INPUT DATA -
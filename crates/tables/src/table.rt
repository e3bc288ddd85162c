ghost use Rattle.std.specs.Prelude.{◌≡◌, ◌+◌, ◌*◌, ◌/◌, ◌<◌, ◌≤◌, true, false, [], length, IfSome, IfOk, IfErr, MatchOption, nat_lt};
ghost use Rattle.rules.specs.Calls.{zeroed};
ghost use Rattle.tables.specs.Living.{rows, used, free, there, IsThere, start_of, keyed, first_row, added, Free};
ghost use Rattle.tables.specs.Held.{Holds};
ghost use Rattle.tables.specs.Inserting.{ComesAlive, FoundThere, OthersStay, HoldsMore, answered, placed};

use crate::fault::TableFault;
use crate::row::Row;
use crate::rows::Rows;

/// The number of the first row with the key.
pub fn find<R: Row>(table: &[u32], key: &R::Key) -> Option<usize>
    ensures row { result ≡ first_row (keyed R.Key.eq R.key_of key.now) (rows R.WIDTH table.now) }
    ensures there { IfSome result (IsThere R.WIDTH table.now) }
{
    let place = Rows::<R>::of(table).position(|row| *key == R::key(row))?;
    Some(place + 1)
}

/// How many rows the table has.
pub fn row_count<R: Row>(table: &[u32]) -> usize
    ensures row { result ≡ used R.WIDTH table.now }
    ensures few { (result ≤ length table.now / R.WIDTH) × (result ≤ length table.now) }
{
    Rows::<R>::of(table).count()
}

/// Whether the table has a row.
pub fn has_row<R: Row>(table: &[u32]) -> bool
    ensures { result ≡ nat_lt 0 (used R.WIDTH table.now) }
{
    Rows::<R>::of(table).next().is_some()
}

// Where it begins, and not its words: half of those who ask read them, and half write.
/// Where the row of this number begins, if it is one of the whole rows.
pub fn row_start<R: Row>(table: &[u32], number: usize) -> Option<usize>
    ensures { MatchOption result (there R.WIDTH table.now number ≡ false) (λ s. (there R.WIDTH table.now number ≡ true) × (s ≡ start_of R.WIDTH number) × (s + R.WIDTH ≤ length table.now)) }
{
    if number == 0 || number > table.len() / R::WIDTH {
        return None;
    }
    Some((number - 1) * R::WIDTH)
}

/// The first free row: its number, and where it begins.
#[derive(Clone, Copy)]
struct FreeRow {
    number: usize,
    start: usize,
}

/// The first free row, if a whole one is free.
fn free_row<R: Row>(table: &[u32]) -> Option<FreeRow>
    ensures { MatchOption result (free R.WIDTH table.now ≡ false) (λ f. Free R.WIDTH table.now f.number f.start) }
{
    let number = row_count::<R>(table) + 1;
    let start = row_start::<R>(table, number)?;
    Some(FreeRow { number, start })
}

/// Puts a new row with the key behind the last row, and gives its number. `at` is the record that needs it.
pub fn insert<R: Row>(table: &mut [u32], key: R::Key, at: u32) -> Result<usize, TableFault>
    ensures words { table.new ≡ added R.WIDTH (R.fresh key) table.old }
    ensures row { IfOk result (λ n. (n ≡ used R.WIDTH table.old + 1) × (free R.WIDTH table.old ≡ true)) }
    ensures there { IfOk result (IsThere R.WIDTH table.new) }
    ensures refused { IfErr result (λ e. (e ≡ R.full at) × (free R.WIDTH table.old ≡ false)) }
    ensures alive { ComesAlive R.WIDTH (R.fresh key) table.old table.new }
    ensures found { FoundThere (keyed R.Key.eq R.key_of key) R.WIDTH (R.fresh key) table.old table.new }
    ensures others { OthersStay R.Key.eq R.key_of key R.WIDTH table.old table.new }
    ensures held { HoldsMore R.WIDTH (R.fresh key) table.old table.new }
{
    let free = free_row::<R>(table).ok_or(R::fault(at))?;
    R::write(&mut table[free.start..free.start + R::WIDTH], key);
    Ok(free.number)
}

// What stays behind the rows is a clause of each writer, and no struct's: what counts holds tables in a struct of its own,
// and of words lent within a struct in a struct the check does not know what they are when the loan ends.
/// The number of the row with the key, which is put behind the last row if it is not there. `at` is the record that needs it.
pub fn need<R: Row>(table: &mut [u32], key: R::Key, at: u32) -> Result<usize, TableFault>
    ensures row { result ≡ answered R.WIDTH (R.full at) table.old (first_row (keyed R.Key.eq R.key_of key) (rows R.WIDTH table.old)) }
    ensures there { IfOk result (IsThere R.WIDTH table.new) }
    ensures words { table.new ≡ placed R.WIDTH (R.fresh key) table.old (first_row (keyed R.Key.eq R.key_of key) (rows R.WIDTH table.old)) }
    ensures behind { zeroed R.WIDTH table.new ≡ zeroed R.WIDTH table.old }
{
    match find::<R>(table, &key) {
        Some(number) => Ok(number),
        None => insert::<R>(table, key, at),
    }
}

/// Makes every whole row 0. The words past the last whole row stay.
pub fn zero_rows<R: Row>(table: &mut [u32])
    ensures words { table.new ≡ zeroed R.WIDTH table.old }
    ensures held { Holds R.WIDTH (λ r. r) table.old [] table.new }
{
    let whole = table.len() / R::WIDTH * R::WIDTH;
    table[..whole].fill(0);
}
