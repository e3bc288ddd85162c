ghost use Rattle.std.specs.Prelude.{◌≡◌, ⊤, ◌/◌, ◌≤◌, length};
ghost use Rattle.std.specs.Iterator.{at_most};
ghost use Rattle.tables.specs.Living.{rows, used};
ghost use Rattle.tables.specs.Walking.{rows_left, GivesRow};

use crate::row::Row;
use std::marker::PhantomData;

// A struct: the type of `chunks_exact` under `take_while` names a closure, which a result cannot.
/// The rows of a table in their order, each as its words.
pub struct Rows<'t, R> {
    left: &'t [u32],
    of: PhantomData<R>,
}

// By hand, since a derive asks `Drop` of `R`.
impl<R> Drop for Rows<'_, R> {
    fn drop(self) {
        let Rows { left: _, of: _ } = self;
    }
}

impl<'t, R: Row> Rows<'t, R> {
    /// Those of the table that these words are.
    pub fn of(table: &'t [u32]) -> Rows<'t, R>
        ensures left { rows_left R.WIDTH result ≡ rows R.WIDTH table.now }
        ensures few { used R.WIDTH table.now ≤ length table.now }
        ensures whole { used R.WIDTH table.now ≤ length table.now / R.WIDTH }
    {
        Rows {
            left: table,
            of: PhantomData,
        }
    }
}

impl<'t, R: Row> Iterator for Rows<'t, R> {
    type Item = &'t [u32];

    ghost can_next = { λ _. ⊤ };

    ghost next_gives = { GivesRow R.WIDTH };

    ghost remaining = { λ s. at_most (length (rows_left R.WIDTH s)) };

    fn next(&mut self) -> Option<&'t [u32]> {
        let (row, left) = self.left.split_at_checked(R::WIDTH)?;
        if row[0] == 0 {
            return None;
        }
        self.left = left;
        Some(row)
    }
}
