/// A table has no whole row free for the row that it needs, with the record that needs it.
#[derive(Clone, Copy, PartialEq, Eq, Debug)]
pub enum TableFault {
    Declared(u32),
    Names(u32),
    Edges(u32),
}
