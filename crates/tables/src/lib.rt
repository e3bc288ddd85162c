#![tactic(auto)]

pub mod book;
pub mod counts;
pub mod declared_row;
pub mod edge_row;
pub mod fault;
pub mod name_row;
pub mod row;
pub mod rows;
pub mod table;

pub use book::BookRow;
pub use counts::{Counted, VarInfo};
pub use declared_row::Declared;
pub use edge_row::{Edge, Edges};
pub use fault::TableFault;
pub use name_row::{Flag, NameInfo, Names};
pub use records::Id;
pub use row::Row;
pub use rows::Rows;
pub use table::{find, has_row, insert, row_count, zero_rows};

...

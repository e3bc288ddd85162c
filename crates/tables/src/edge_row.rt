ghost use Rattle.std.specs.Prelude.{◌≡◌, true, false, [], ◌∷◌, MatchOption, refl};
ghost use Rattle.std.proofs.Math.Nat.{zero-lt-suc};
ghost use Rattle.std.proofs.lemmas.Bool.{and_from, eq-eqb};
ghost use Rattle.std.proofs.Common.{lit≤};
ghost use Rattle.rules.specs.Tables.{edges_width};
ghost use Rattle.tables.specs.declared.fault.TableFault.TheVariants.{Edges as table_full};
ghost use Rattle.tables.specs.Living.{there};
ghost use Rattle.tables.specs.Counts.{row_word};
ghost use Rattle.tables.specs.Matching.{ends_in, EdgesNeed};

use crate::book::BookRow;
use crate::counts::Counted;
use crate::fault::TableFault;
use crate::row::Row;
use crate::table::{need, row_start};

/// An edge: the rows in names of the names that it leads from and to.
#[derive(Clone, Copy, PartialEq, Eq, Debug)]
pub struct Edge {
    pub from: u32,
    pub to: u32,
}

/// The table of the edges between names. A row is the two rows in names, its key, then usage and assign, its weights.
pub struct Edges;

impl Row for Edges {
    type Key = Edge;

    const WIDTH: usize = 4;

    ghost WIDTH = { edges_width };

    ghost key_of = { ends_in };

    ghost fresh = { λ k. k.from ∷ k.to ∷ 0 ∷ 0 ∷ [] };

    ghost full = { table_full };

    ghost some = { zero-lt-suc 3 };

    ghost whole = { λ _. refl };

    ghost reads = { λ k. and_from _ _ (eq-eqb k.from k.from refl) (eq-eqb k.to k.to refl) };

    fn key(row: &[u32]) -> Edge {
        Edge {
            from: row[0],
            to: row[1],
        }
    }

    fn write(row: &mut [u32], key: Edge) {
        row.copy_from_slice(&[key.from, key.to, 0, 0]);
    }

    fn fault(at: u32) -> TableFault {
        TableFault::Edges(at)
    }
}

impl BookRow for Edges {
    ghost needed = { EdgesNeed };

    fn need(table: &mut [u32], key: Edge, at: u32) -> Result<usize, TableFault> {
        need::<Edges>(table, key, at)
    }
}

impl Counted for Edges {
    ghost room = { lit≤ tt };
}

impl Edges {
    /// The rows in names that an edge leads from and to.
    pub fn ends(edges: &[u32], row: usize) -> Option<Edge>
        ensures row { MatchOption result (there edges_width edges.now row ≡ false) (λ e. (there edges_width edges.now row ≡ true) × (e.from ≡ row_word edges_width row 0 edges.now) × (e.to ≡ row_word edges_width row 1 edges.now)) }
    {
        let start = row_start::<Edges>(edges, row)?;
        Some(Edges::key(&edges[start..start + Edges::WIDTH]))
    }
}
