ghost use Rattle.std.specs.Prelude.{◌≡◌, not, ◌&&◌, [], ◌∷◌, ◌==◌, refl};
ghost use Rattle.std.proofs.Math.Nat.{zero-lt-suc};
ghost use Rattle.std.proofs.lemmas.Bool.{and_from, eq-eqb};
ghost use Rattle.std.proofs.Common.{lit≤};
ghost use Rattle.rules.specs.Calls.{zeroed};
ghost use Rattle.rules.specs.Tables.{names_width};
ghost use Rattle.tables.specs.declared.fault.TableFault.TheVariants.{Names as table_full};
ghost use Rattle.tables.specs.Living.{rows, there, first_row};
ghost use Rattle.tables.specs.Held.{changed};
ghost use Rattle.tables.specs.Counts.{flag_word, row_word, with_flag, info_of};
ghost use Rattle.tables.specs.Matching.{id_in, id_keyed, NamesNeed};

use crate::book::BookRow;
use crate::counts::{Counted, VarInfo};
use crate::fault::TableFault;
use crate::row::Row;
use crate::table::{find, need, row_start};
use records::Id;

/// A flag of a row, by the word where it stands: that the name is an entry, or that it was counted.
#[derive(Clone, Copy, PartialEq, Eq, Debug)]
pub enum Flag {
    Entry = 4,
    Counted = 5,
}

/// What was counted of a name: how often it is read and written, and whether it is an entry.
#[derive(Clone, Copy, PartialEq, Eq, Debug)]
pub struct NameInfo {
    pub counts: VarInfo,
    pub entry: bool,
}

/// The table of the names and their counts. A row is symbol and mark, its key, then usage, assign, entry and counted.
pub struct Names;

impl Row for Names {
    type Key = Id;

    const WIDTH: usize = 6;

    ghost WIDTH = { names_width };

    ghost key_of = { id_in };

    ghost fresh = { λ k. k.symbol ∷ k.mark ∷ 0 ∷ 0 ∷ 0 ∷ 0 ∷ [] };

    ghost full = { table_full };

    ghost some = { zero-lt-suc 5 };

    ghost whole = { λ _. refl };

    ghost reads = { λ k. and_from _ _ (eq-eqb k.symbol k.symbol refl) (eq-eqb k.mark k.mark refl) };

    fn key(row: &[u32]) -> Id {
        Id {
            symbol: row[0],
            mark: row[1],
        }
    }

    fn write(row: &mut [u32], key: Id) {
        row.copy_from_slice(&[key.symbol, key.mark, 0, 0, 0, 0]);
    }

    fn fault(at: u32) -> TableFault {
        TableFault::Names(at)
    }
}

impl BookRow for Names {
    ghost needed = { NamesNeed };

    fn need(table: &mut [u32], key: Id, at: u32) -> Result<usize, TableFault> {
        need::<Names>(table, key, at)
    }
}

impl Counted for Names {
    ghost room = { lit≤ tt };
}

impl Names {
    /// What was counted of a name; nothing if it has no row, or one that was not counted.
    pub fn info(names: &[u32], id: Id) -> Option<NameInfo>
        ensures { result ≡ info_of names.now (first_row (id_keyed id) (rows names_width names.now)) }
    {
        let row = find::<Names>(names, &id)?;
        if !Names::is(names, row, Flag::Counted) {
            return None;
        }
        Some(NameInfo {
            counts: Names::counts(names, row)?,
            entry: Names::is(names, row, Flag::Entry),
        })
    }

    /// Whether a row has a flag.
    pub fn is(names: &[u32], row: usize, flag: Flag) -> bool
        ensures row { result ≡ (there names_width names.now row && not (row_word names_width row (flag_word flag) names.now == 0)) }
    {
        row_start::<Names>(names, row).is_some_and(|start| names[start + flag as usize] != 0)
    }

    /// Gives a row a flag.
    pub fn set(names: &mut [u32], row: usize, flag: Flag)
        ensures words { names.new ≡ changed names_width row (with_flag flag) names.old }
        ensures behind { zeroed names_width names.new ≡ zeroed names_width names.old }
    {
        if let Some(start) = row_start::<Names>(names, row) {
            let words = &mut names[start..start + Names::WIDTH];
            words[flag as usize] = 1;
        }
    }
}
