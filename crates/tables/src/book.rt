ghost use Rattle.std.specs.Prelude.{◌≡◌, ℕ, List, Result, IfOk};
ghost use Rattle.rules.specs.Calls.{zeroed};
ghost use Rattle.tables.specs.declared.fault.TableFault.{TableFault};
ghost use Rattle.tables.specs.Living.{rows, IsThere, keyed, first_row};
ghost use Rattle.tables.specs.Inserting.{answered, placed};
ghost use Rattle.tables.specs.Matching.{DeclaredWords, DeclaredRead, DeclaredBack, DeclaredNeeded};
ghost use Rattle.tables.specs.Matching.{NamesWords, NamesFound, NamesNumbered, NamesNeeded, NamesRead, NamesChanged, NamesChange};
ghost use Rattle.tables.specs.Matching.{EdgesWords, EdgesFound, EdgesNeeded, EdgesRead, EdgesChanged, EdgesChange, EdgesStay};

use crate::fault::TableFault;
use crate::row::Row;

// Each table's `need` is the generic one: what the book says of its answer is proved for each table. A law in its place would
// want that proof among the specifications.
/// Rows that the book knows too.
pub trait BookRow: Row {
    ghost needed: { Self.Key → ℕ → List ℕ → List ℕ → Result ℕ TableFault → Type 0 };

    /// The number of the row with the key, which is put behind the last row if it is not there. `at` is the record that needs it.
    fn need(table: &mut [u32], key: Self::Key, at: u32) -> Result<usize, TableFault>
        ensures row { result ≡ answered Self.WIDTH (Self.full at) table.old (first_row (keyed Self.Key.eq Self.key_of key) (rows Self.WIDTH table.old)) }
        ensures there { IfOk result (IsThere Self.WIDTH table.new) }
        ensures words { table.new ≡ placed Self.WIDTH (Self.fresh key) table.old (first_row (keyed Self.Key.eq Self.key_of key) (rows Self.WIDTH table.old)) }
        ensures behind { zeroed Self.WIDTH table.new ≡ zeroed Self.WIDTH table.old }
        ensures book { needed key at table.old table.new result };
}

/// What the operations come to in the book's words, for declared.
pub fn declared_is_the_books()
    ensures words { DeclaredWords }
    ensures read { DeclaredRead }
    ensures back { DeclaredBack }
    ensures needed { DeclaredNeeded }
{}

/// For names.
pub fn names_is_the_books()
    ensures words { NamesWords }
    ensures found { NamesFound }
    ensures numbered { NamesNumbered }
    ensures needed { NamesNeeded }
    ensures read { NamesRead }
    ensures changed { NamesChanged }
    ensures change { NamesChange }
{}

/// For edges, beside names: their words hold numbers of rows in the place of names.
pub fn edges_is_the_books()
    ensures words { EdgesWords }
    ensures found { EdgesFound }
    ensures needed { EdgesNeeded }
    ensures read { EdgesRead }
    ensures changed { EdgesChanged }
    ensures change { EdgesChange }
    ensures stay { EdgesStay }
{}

TO DO - Taking the records above, retype every line from the one with "filename crates/tables/src/table.rt" down to the one with "and half write.", exactly and with nothing else.

COMPLETED EXERCISE -
filename crates/tables/src/table.rt
repository e3bc288ddd85162c
ghost use Rattle.std.specs.Prelude.{◌≡◌, ◌+◌, ◌*◌, ◌/◌, ◌<◌, ◌≤◌, true, false, [], length, IfSome, IfOk, IfErr, MatchOption, nat_lt};
ghost use Rattle.rules.specs.Calls.{zeroed};
ghost use Rattle.tables.specs.Living.{rows, used, free, there, IsThere, start_of, keyed, first_row, added, Free};
ghost use Rattle.tables.specs.Held.{Holds};
ghost use Rattle.tables.specs.Inserting.{ComesAlive, FoundThere, OthersStay, HoldsMore, answered, placed};

use crate::fault::TableFault;
use crate::row::Row;
use crate::rows::Rows;

/// The number of the first row with the key.
pub fn find<R: Row>(table: &[u32], key: &R::Key) -> Option<usize>
    ensures row { result ≡ first_row (keyed R.Key.eq R.key_of key.now) (rows R.WIDTH table.now) }
    ensures there { IfSome result (IsThere R.WIDTH table.now) }
{
    let place = Rows::<R>::of(table).position(|row| *key == R::key(row))?;
    Some(place + 1)
}

/// How many rows the table has.
pub fn row_count<R: Row>(table: &[u32]) -> usize
    ensures row { result ≡ used R.WIDTH table.now }
    ensures few { (result ≤ length table.now / R.WIDTH) × (result ≤ length table.now) }
{
    Rows::<R>::of(table).count()
}

/// Whether the table has a row.
pub fn has_row<R: Row>(table: &[u32]) -> bool
    ensures { result ≡ nat_lt 0 (used R.WIDTH table.now) }
{
    Rows::<R>::of(table).next().is_some()
}

// Where it begins, and not its words: half of those who ask read them, and half write.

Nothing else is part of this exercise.